# Square of product of successive naturals

I’ve been working on an interesting task from a regional math contest:

Prove that the product of 8 successive naturals cannot be a natural number to the power of 4.

To prove this, we will first take a look at two other theorems (and prove them), and then use them to prove the original statement.

I. $\sqrt{x}$ irrational $\implies \sqrt{\sqrt{x}}$ irrational

To prove this, it suffices proving the contrapositive:
$\sqrt{\sqrt{x}}$ rational $\implies \sqrt{x}$ rational.

We have that for some a, b, $a/b = \sqrt{\sqrt{x}}$

Square both sides to get $a^2/b^2 = \sqrt{x}$. Thus, $\sqrt{x}$ is rational.

II. $\sqrt{x(x+1)}$ is irrational

To prove this, note that x and (x+1) need to be squares. Consider for some a, $x = a^2$. Further, for some b, $x + 1 = b^2$.

Now, $b^2 - a^2 = (b - a)(b + a) = 1$. But the only way this is possible if $b - a = 1/(b + a)$.
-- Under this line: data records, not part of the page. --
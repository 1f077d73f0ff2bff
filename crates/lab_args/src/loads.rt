//! The words of `load`.

ghost use Rattle.std.specs.Prelude.{◌≡◌, IfOk, IfErr, Ok};
ghost use Rattle.lab_args.specs.Words.{texts};
ghost use Rattle.lab_args.specs.Refusals.{Reports};
ghost use Rattle.lab_args.specs.Requests.{loads_asked};
ghost use Rattle.lab_args.specs.Loads.{load, says_both, with_choice, load_with_cut, with_option, with_options};

use crate::blanks::wire_named;
use crate::fault::CommandFault;
use crate::operands::{Operand, cycle_count, long_number, number, pattern, table};
use crate::rates::read_rates;
use crate::reading::stands_in;
use lab_fresh::WireEnd;
use lab_load::{LoadTable, Pattern, Trial};
use std::alloc::Global;

/// Loads of one pattern on one machine, at these rates.
#[derive(Drop)]
pub struct Loads<'a> {
    pub trial: Trial,
    pub cuts: Vec<WireEnd>,
    /// So many wires more are drawn, by the trial's seed.
    pub drawn: u16,
    /// Hundredths of a message that a chip offers in a petit cycle.
    pub rates: Vec<u16>,
    /// The file with the places to which messages go, if there is one.
    pub places: Option<&'a str>,
}

/// Reads the words behind `load`.
pub(crate) fn read_loads<'a>(
    alloc: Global,
    n: &str,
    room: &str,
    rates: &str,
    cycles: &str,
    options: &[&'a str],
) -> Result<Loads<'a>, CommandFault>
    ensures value { IfOk result
        (λ loads. load n.now room.now rates.now cycles.now (texts options.now) ≡ Ok (loads_asked loads)) }
    ensures refused { IfErr result (Reports (load n.now room.now rates.now cycles.now (texts options.now))) }
{
    if says_both(options) {
        return Err(CommandFault::Words);
    }
    let n = number(alloc, Operand::N, n)?;
    let room = number(alloc, Operand::Cap, room)?;
    let rates = read_rates(alloc, rates)?;
    let cycles = cycle_count(alloc, Operand::Cycles, cycles)?;
    let trial = Trial {
        n,
        room,
        rule: 0,
        pattern: Pattern::Uniform,
        background: 0,
        until: cycles,
        seed: 1,
        cycles,
        skip: 0,
        seeds: 1,
        table: LoadTable::Plain,
    };
    let plain = Loads {
        trial,
        cuts: Vec::new(alloc),
        drawn: 0,
        rates,
        places: None,
    };
    with_options(alloc, plain, options)
}

/// Whether a pattern is said, and places too.
fn says_both(options: &[&str]) -> bool
    ensures { result ≡ says_both (texts options.now) }
{
    stands_in("--pattern", options) && stands_in("--places", options)
}

/// Takes what the options say, each with the word behind it, or the two.
fn with_options<'a>(
    alloc: Global,
    loads: Loads<'a>,
    options: &[&'a str],
) -> Result<Loads<'a>, CommandFault>
    ensures value { IfOk result
        (λ found. with_options (loads_asked loads.entry) (texts options.now) ≡ Ok (loads_asked found)) }
    ensures refused { IfErr result (Reports (with_options (loads_asked loads.entry) (texts options.now))) }
{
    match options {
        [] => Ok(loads),
        [_] => Err(CommandFault::Words),
        [option, word, after @ ..] => {
            if *option == "--cut" {
                let Some((dim, after)) = after.split_first() else {
                    return Err(CommandFault::Words);
                };
                let cut = with_cut(alloc, loads, word, dim)?;
                with_options(alloc, cut, after)
            } else {
                let changed = with_choice(alloc, loads, option, word)?;
                with_options(alloc, changed, after)
            }
        }
    }
}

/// Takes what an option says that has one word behind it.
fn with_choice<'a>(
    alloc: Global,
    loads: Loads<'a>,
    option: &str,
    word: &'a str,
) -> Result<Loads<'a>, CommandFault>
    ensures value { IfOk result
        (λ changed. with_choice (loads_asked loads.entry) option.now word.now ≡ Ok (loads_asked changed)) }
    ensures refused { IfErr result (Reports (with_choice (loads_asked loads.entry) option.now word.now)) }
{
    if option == "--cut-random" {
        let drawn = number(alloc, Operand::Count, word)?;
        return Ok(Loads { drawn, ..loads });
    }
    if option == "--places" {
        let trial = Trial {
            pattern: Pattern::Own,
            ..loads.trial
        };
        return Ok(Loads {
            trial,
            places: Some(word),
            ..loads
        });
    }
    let trial = with_option(alloc, loads.trial, option, word)?;
    Ok(Loads { trial, ..loads })
}

/// The loads of a machine with this wire cut too.
fn with_cut<'a>(
    alloc: Global,
    loads: Loads<'a>,
    chip: &str,
    dim: &str,
) -> Result<Loads<'a>, CommandFault>
    ensures value { IfOk result
        (λ cut. load_with_cut (loads_asked loads.entry) chip.now dim.now ≡ Ok (loads_asked cut)) }
    ensures refused { IfErr result (Reports (load_with_cut (loads_asked loads.entry) chip.now dim.now)) }
{
    let mut cut = loads;
    let wire = wire_named(alloc, chip, dim)?;
    if cut.cuts.push(wire).is_err() {
        return Err(CommandFault::Memory);
    }
    Ok(cut)
}

/// Takes an option that changes only the trial. Options on wires and places are taken in `with_choice` and
/// `with_options`.
fn with_option(alloc: Global, trial: Trial, option: &str, word: &str) -> Result<Trial, CommandFault>
    ensures value { IfOk result (λ changed. with_option trial option.now word.now ≡ Ok changed) }
    ensures refused { IfErr result (Reports (with_option trial option.now word.now)) }
{
    match option {
        "--rule" => {
            let rule = number(alloc, Operand::Rule, word)?;
            Ok(Trial { rule, ..trial })
        }
        "--pattern" => {
            let pattern = pattern(alloc, word)?;
            Ok(Trial { pattern, ..trial })
        }
        "--background" => {
            let background = number(alloc, Operand::Background, word)?;
            Ok(Trial {
                background,
                ..trial
            })
        }
        "--until" => {
            let until = cycle_count(alloc, Operand::Until, word)?;
            Ok(Trial { until, ..trial })
        }
        "--skip" => {
            let skip = cycle_count(alloc, Operand::Skip, word)?;
            Ok(Trial { skip, ..trial })
        }
        "--seeds" => {
            let seeds = number(alloc, Operand::Seeds, word)?;
            Ok(Trial { seeds, ..trial })
        }
        "--table" => {
            let table = table(alloc, word)?;
            Ok(Trial { table, ..trial })
        }
        "--seed" => {
            let seed = long_number(alloc, Operand::Seed, word)?;
            Ok(Trial { seed, ..trial })
        }
        _ => Err(CommandFault::Words),
    }
}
Since a and b are positive naturals, we reach a contradiction for the identity above and thus either x or x+1 have no squares. In either case, $\sqrt{x(x+1)}$ is irrational.

III. Prove that there is no y s.t. $y^4 = x(x+1)(x+2)(x+3)(x+4)(x+5)(x+6)(x+7) = *$

We will assume that such y exists and reach a contradiction.

Rewrite as $y = \sqrt{\sqrt{*}}$ and suppose y is rational.

From I we have that it suffices to only prove that $\sqrt{*}$ is rational.

From II we have that either x or (x+1) is irrational. At least one of the 8 elements has no square, and we reach a contradiction. Thus y is irrational.